Material for this exercise:

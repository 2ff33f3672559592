// What may come next in a text.

ghost use Rattle.std.specs.Prelude.{◌≡◌};
ghost use Rattle.kore_text.specs.TokenStream.{token_of};
ghost use Rattle.kore_text.specs.Table.{byte_of, symbol_of, is_empty};

use crate::words::LexedToken;

/// The mark that ends a list.
#[derive(Clone, Copy)]
pub(crate) enum Close {
    Brace,
    Paren,
    Bracket,
}

/// The items of a list.
#[derive(Clone, Copy)]
pub(crate) enum Item {
    Name,
    Sort,
    /// A pattern. If the flag is true, strings may occur in it.
    Pattern(bool),
}

/// A part of a text that is still to come.
#[derive(Clone, Copy)]
pub(crate) enum Symbol {
    /// This mark.
    Mark(u8),
    /// A name.
    Name,
    /// `where`.
    Where,
    /// `:=`.
    Assign,
    /// A string.
    Text,
    Sort,
    /// After the name of a sort: sorts in braces, or nothing.
    SortTail,
    /// A pattern. If the flag is true, strings may occur in it.
    Pattern(bool),
    /// After a name that begins a pattern. The flag is as for `Pattern`.
    PatternTail(bool),
    /// A set variable (`true`) or an element variable (`false`).
    Variable(bool),
    /// A folded application that has at least one argument. The flag is as for `Pattern`.
    Folded(bool),
    /// A folded application that has no argument.
    EmptyFolded,
    /// A list, from the token after its opening bracket.
    First(Item, Close),
    /// A list, from the token after an item.
    More(Item, Close),
    /// Attributes in brackets.
    Attributes,
    /// Names in braces.
    Names,
    /// Sorts in parentheses, a colon and a sort.
    Signature,
    /// Declarations, up to and including the word `endmodule` and the attributes that end their
    /// module.
    Declarations,
    Module,
    /// Modules up to the end.
    Modules,
}

impl Close {
    /// The byte of the mark.
    pub(crate) fn byte(self) -> u8
        ensures { result ≡ byte_of self }
    {
        match self {
            Close::Brace => b'}',
            Close::Paren => b')',
            Close::Bracket => b']',
        }
    }
}

impl Item {
    /// The symbol of one item.
    pub(crate) fn symbol(self) -> Symbol
        ensures { result ≡ symbol_of self }
    {
        match self {
            Item::Name => Symbol::Name,
            Item::Sort => Symbol::Sort,
            Item::Pattern(strings) => Symbol::Pattern(strings),
        }
    }
}

impl Symbol {
    ghost use Rattle.kore_text.specs.Stacks.{is_left_out};

    /// Whether the symbol may be left out.
    pub(crate) fn is_empty(self) -> bool
        ensures { result ≡ is_empty self }
    {
        matches!(self, Symbol::SortTail | Symbol::Modules)
    }

    /// Whether the symbol may be left out and this token does not fit it.
    #[tactic(auto, unfolding(crate::specs::Table::turn))]
    pub(crate) fn is_left_out(self, word: &LexedToken<'_>) -> bool
        ensures { result ≡ is_left_out self (token_of word.now.kind word.now.bytes.now) }
    {
        match self {
            Symbol::SortTail => !word.is_mark(b'{'),
            Symbol::Modules => !word.is_word(b"module"),
            _ => false,
        }
    }
}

Your goal:
Write out the entries in full, exactly as given.

Written answer:
repository 2ff33f3672559592
// What may come next in a text.

ghost use Rattle.std.specs.Prelude.{◌≡◌};
ghost use Rattle.kore_text.specs.TokenStream.{token_of};
ghost use Rattle.kore_text.specs.Table.{byte_of, symbol_of, is_empty};

use crate::words::LexedToken;

/// The mark that ends a list.
#[derive(Clone, Copy)]
pub(crate) enum Close {
    Brace,
    Paren,
    Bracket,
}

/// The items of a list.
#[derive(Clone, Copy)]
pub(crate) enum Item {
    Name,
    Sort,
    /// A pattern. If the flag is true, strings may occur in it.
    Pattern(bool),
}

/// A part of a text that is still to come.
#[derive(Clone, Copy)]
pub(crate) enum Symbol {
    /// This mark.
    Mark(u8),
    /// A name.
    Name,
    /// `where`.
    Where,
    /// `:=`.
    Assign,
    /// A string.
    Text,
    Sort,
    /// After the name of a sort: sorts in braces, or nothing.
    SortTail,
    /// A pattern. If the flag is true, strings may occur in it.
    Pattern(bool),
    /// After a name that begins a pattern. The flag is as for `Pattern`.
    PatternTail(bool),
    /// A set variable (`true`) or an element variable (`false`).
    Variable(bool),
    /// A folded application that has at least one argument. The flag is as for `Pattern`.
    Folded(bool),
    /// A folded application that has no argument.
    EmptyFolded,
    /// A list, from the token after its opening bracket.
    First(Item, Close),
    /// A list, from the token after an item.
    More(Item, Close),
    /// Attributes in brackets.
    Attributes,
    /// Names in braces.
    Names,
    /// Sorts in parentheses, a colon and a sort.
    Signature,
    /// Declarations, up to and including the word `endmodule` and the attributes that end their
    /// module.
    Declarations,
    Module,
    /// Modules up to the end.
    Modules,
}

impl Close {
    /// The byte of the mark.
    pub(crate) fn byte(self) -> u8
        ensures { result ≡ byte_of self }
    {
        match self {
            Close::Brace => b'}',
            Close::Paren => b')',
            Close::Bracket => b']',
        }
    }
}

impl Item {
    /// The symbol of one item.
    pub(crate) fn symbol(self) -> Symbol
        ensures { result ≡ symbol_of self }
    {
        match self {
            Item::Name => Symbol::Name,
            Item::Sort => Symbol::Sort,
            Item::Pattern(strings) => Symbol::Pattern(strings),
        }
    }
}

impl Symbol {
    ghost use Rattle.kore_text.specs.Stacks.{is_left_out};

    /// Whether the symbol may be left out.
    pub(crate) fn is_empty(self) -> bool
        ensures { result ≡ is_empty self }
    {
        matches!(self, Symbol::SortTail | Symbol::Modules)
    }

    /// Whether the symbol may be left out and this token does not fit it.
    #[tactic(auto, unfolding(crate::specs::Table::turn))]
    pub(crate) fn is_left_out(self, word: &LexedToken<'_>) -> bool
        ensures { result ≡ is_left_out self (token_of word.now.kind word.now.bytes.now) }
    {
        match self {
            Symbol::SortTail => !word.is_mark(b'{'),
            Symbol::Modules => !word.is_word(b"module"),
            _ => false,
        }
    }
}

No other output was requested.